- Try it
Check the records below line by line, and report how many lines include the string "back". No other words are needed.

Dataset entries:
/// A kubelet's turn over a store removes each marked pod of the namespace, and makes each other one ready that has not failed.
/// Nothing else changes. So for the pods that a plan sees, it is what a round on pods says of a kubelet. The store needs a
/// revision left for each pod.
pub fn turns_tend_the_pods()
    ensures store { (s : Store) (namespace : List ℕ) → MayTurn namespace s
        → IsTurnOver namespace s (after s (turn_requests_of (collection s.objects Pod namespace))) }
    ensures pods { (set : SetParts) (update current : List ℕ) (s : Store) (pods next : Pods) → let namespace = set.object.key.namespace in
        let end = after s (turn_requests_of (collection s.objects Pod namespace)) in
        MayTurn namespace s → replicas_in set update current (views_of set (collection s.objects Pod namespace)) ≡ Ok pods
        → replicas_in set update current (views_of set (collection end.objects Pod namespace)) ≡ Ok next
        → (i : ℕ) → pod_at next i ≡ tended (pod_at pods i) }
{}

/// Writes under keys of their own are accepted one after another if the store would accept each, and has a number left for each.
#[tactic(auto, using(crate::proofs::Accepting::all_accepted))]
pub fn writes_apart_are_accepted()
    ensures { (s : Store) (requests : List Request) → NameApart requests → AllByRecursion (IsAcceptable s) requests
        → s.counter + length requests ≤ s.capacity → AreAccepted s requests }
{}

/// And each does what it would do alone: under its key is what its verdict over the first store says. So do the requests of a plan.
pub fn writes_apart_do_as_alone()
    ensures any { (s : Store) (requests : List Request) → NameApart requests → AllByRecursion (IsAcceptable s) requests
        → s.counter + length requests ≤ s.capacity → AllByRecursion (DoesAsAlone s (after s requests)) requests }
    ensures planned { (set : SetParts) (digits : ℕ) (moment : List ℕ) (s : Store) → IsPlannedOver set digits s → moment ≢ [] → MayAct set most_actions s
        → IsReadIn s set → AllByRecursion (DoesAsAlone s (after_plan set digits moment s)) (planned_requests set digits moment s) }
{}

/// Each request of a plan is such over the store that the plan was made over: it names an object at the version and the UID that were
/// listed, or one that was not there.
pub fn planned_requests_are_acceptable()
    ensures { (set : SetParts) (digits : ℕ) (moment : List ℕ) (s : Store) → IsPlannedOver set digits s → moment ≢ [] → MayAct set most_actions s
        → Has s set.object.key set.object → AllByRecursion (IsAcceptable s) (planned_requests set digits moment s) }
{}
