// The job record, the quota and what the calls on a job answer. No code: the definitions of the calls and demand 3.
#![tactic(auto)]

use image::strip::{PartCounts, Strip};
use table::Table;
use verdict::Refusal;

// The C interface's record, so its stage is a number: 0 empty, 1 loaded, 2 stable (01: at rest). An empty record has every field zero. A single image
// has one part (02, T-08); places past the parts are 0.
#[repr(C)]
#[derive(Clone, Copy, PartialEq, Eq)]
pub struct Job {
    pub stage: u8,
    pub width: usize,
    pub height: usize,
    pub passes: usize,
    pub added: usize,
    pub removed: usize,
    pub table: Table,
    pub strip: Strip,
    pub counts: PartCounts,
}

// What a pass or a run did: 01's "changed" and "at rest".
#[derive(Clone, Copy, PartialEq, Eq)]
pub enum Effect {
    Changed,
    Stable,
}

pub type Passed = Result<Effect, Refusal>;

// Black now less black at load, and the black pixels in thousandths of all.
#[derive(Clone, Copy, PartialEq, Eq)]
pub struct Figures {
    pub balance: i64,
    pub cover: usize,
}

pub type Figured = Result<Figures, Refusal>;

pub const MAX_CHANNELS: usize = 4;

// An allowance of passes that up to four channels share (02, T-10: a round, its lanes). Each channel, counted from 1, has a reserve (02: its floor),
// of which `left` is left; what the reserves leave of the allowance is the pool. The C interface has the struct as it is.
#[repr(C)]
#[derive(Clone, Copy)]
pub struct Quota {
    pub channels: usize,
    pub allowance: usize,
    pub reserves: [usize; MAX_CHANNELS],
    pub left: [usize; MAX_CHANNELS],
    pub pool: usize,
}
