impl Region {
    /// Closes the gate where it reads open, by a write and a sync. A gate that reads closed is not
    /// written: torn, that write could read open over a torn payload. It refuses `Device` alone,
    /// and then hands the disk back.
    pub fn close<'a, D: Disk>(&self, device: &'a mut D) -> Result<Closed<'a, D>, (Fault, &'a mut D)>
        requires { self.now.at + self.now.len + 1 ≤ (D.view device.old).capacity }
        ensures same_reference { IfOk result (λ closed. (closed_disk closed).ghost_name ≡ device.entry.ghost_name) }
        ensures same_back { IfErr result (λ back. back.1.ghost_name ≡ device.entry.ghost_name) }
        ensures region { IfOk result (λ closed. closed_region closed ≡ self.now) }
        ensures kept { IfOk result (λ closed. IsKept D.view device.old (closed_disk closed).now) }
        ensures failed { IfErr result (λ back. HasFailed D.view device.old back.1.now) }
        ensures crash_safe { IfOk result (λ closed. ClosesSafely D.view self.now device.old (closed_disk closed).now) }
        ensures crash_safe_back { IfErr result (λ back. ClosesSafely D.view self.now device.old back.1.now) }
        ensures closed { IfOk result (λ closed. LeavesClosed D.view self.now device.old (closed_disk closed).now) }
        ensures gate { IfOk result (λ closed. ClosesGate D.view self.now device.old (closed_disk closed).now) }
    {
        let region = *self;
        match close_gate(region, device) {
            Ok(()) => Ok(Closed { region, device }),
            Err(fault) => Err((fault, device)),
        }
    }

    /// Closes the gate as `close` does, for good: no payload is to follow, and no state is handed on. It refuses `Device` alone.
    /// It is a call of its own, since what the disk is after a state was dropped could not be said by `close`.
    pub fn shut<D: Disk>(&self, device: &mut D) -> Result<(), Fault>
        requires { self.now.at + self.now.len + 1 ≤ (D.view device.old).capacity }
        ensures device { Calls D.view result device.old device.new }
        ensures crash_safe { ClosesSafely D.view self.now device.old device.new }
        ensures closed { OnOk result (LeavesClosed D.view self.now device.old device.new) }
        ensures gate { OnOk result (ClosesGate D.view self.now device.old device.new) }
        ensures durable { OnOk result (StaysDurable D.view device.old device.new) }
    {
        close_gate(*self, device)
    }

    /// Whether the gate is open. It refuses `Device` alone.
    pub fn is_open<D: Disk>(&self, device: &mut D) -> Result<bool, Fault>
        requires { self.now.at + self.now.len + 1 ≤ (D.view device.old).capacity }
        ensures open { IfOk result (λ is. IsFound D.view (is_open_in self.now) is device.old) }
        ensures failures { CountsFailures result (D.view device.old).failures (D.view device.new).failures }
        ensures read { IsRead D.view device.old device.new }
    {
        // The answer fits a u64, and so each sum of places on the disk does.
        let _size = device.size();
        let mut gate = [0];
        device.read(self.at + self.len, &mut gate)?;
        Ok(gate[0] == OPEN)
    }

    /// Closes the gate where it reads open, with no sync, and answers whether it did. A gate that reads closed is not
    /// written: torn, that write could read open over a torn payload. It refuses `Device` alone.
    pub fn close_if_open<D: Disk>(&self, device: &mut D) -> Result<bool, Fault>
        requires { self.now.at + self.now.len + 1 ≤ (D.view device.old).capacity }
        ensures device { Calls D.view result device.old device.new }
        ensures crash_safe { ClosesSafely D.view self.now device.old device.new }
        ensures others { ChangesOnly D.view self.now.at (self.now.len + 1) device.old device.new }
        ensures gate { OnOk result (ClosesGate D.view self.now device.old device.new) }
        ensures closed { OnOk result (ReadsClosed D.view self.now device.old device.new) }

        // One that is closed is not written, and nothing then.
        ensures unwritten { IfOk result (λ wrote. wrote ≡ false → IsRead D.view device.old device.new) }
        ensures needless { IfOk result (λ wrote. IsShut D.view self.now device.old → wrote ≡ false) }
        ensures idle { IsShut D.view self.now device.old → IsRead D.view device.old device.new }
    {
        // As in `is_open`.
        let _size = device.size();
        if !self.is_open(device)? {
            return Ok(false);
        }
        device.write(self.at + self.len, &[CLOSED])?;
        Ok(true)
    }

    /// Opens the gate, by a write and a sync, so that what stands before it counts: where every image has the gate closed and this
    /// payload before it, a crash leaves the region closed or open with the payload. It refuses `Device` alone.
    pub fn uncover<D: Disk>(&self, device: &mut D) -> Result<(), Fault>
        requires room { self.now.at + self.now.len + 1 ≤ (D.view device.old).capacity }
        ensures device { Calls D.view result device.old device.new }
        ensures crash_safe { OpensSafely D.view self.now device.old device.new }
        ensures open { OnOk result (OpensFilled D.view self.now device.old device.new) }
        ensures durable { OnOk result (LeavesDurable D.view device.old device.new) }
    {
        // The answer fits a u64, and so does the place of the gate.
        let _size = device.size();
        write_and_sync(device, self.at + self.len, &[OPEN])
    }

    /// Puts a payload in the place of the one that is there: six writes and syncs into an open
    /// region, four into a closed one. On a settled region of a lawful disk a crash at any moment of
    /// the call leaves the old payload, none, or the new one, and no other byte changes. It refuses
    /// `Device` alone.
    ///
    /// Of a region that is not settled nothing is promised but size, failures and lawfulness. After a failed put it is not
    /// settled, and a sync that succeeds settles every region. So after a put that succeeded the disk is durable in either case.
    pub fn put<D: Disk>(&self, device: &mut D, payload: &[u8]) -> Result<(), Fault>
        requires room { self.now.at + self.now.len + 1 ≤ (D.view device.old).capacity }
        requires len { length payload.now ≡ self.now.len }
        ensures device { Calls D.view result device.old device.new }

        // Each image since the start of the call, by the image before from which it came.
        ensures crash_safe { PutsSafely D.view self.now payload.now device.old device.new }

        // In each of them this region is as it was read, closed, or open with the new payload,
        ensures region { LeavesOldOrNew D.view self.now payload.now device.old device.new }

        // and each other settled region is as it was.
        ensures others { KeepsOthers D.view self.now device.old device.new }

        ensures open { OnOk result (LeavesOpen D.view self.now payload.now device.old device.new) }

        // Whether the region was settled or not, a crash then leaves what is read.
        ensures durable { OnOk result (LeavesDurable D.view device.old device.new) }
    {
        self.close_fill_open(device, payload)
    }

    /// The three steps of a put. They stand apart from `put` since its clauses on every image and
    /// on other regions follow from those here.
    fn close_fill_open<D: Disk>(&self, device: &mut D, payload: &[u8]) -> Result<(), Fault>
        requires room { self.now.at + self.now.len + 1 ≤ (D.view device.old).capacity }
        requires len { length payload.now ≡ self.now.len }
        ensures device { Calls D.view result device.old device.new }
        ensures crash_safe { PutsSafely D.view self.now payload.now device.old device.new }
        ensures open { OnOk result (LeavesOpen D.view self.now payload.now device.old device.new) }
        ensures durable { OnOk result (LeavesDurable D.view device.old device.new) }
    {
        let closed = match self.close(device) {
            Ok(closed) => closed,
            Err((fault, _device)) => return Err(fault),
        };
        let filled = match closed.fill(payload) {
            Ok(filled) => filled,
            Err((fault, _device)) => return Err(fault),
        };
        match filled.open() {
            Ok(_device) => Ok(()),
            Err((fault, _device)) => Err(fault),
        }
    }
}
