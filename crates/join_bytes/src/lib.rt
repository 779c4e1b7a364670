// Joining two vertices on the bytes of the adjacency matrix. No code: the neighbour switch, room at an end, the join and its switches stand in
// specs/; that they are the graph's switch and join, and what a join leaves alone, in proofs/.
#![tactic(auto)]
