ghost use Rattle.std.specs.Prelude.{◌≡◌, length, Ok};
ghost use Rattle.fault.specs.Answers.{Answers, Refuses, WhereUndone};
ghost use Rattle.fault.specs.Card.{OnCard};
ghost use Rattle.graph.specs.Whole.{graph_of};
ghost use Rattle.model.specs.Accepting.{fresh, accepting, plan_reading};
ghost use Rattle.model.specs.Limits.{most_cores, most_tasks};

use crate::lengths::remaining_lengths;
use crate::place::Plan;
use fault::{Error, Kind};
use graph::Graph;
use queue::{Ready, Running};
use reader::read_graph;
use schedule::schedule;
use std::alloc::Global;

// The plan of a graph: its schedule is laid out in the cells, and has to fit in the deadline.
fn lay_out(
    heap: Global,
    graph: Graph,
    ready: &mut [Ready],
    running: &mut [Running],
) -> Result<Plan, Error>
    ensures { Answers (λ p. graph_of p.graph) result (accepting (length ready.old) (length running.old) (graph_of graph)) }
{
    let timelines = schedule(heap, &graph, ready, running)?;
    let remaining = remaining_lengths(heap, &graph, timelines.as_slice())?;
    let needed = remaining[0];
    if needed > u64::from(graph.deadline) {
        return Err(Kind::OverDeadline.at(needed).into());
    }
    Ok(Plan {
        graph,
        timelines,
        remaining,
    })
}

// The plan that the bytes describe. That a refusal is on the card is a clause, and not a field of `Fault`, which asks
// nothing of who makes one.
fn plan_of(
    heap: Global,
    bytes: &[u8],
    ready: &mut [Ready],
    running: &mut [Running],
) -> Result<Plan, Error>
    ensures answer { Answers (λ p. graph_of p.graph) result (plan_reading (length ready.old) (length running.old) bytes.now) }
    ensures carries { Refuses result OnCard }
{
    let graph = read_graph(heap, bytes)?;
    lay_out(heap, graph, ready, running)
}

// The bytes of the plan that a fresh place holds.
const FRESH: [u8; 8] = [1, 0, 1, 1, 0, 0, 0, 0];

impl Plan {
    // A fresh place: a plan of one core, deadline 0 and one nameless task of worst 0.
    pub fn new(heap: Global) -> Result<Plan, Error>
        ensures { Answers (λ p. graph_of p.graph) result (Ok fresh) }
    {
        let mut ready = [Ready::default()];
        let mut running = [Running::default()];
        plan_of(heap, &FRESH, &mut ready, &mut running)
    }

    // The plan that the bytes describe, in a place of its own. The cells are enough for every plan.
    pub fn from_bytes(heap: Global, bytes: &[u8]) -> Result<Plan, Error>
        ensures answer { Answers (λ p. graph_of p.graph) result (plan_reading most_tasks most_cores bytes.now) }
        ensures carries { Refuses result OnCard }
    {
        let mut ready = [Ready::default(); 256];
        let mut running = [Running::default(); 8];
        plan_of(heap, bytes, &mut ready, &mut running)
    }

    // Reads a plan from its bytes into the place, with as many ready cells as the largest segment has tasks and as
    // many running cells as there are cores. Refused, or without memory, the place keeps its plan.
    pub fn read(
        &mut self,
        heap: Global,
        bytes: &[u8],
        ready: &mut [Ready],
        running: &mut [Running],
    ) -> Result<(), Error>
        ensures answer { Answers (λ _. graph_of self.new.graph) result (plan_reading (length ready.old) (length running.old) bytes.now) }
        ensures kept { WhereUndone result (self.new ≡ self.old) }
        ensures carries { Refuses result OnCard }
    {
        *self = plan_of(heap, bytes, ready, running)?;
        Ok(())
    }
}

- Exercise response
4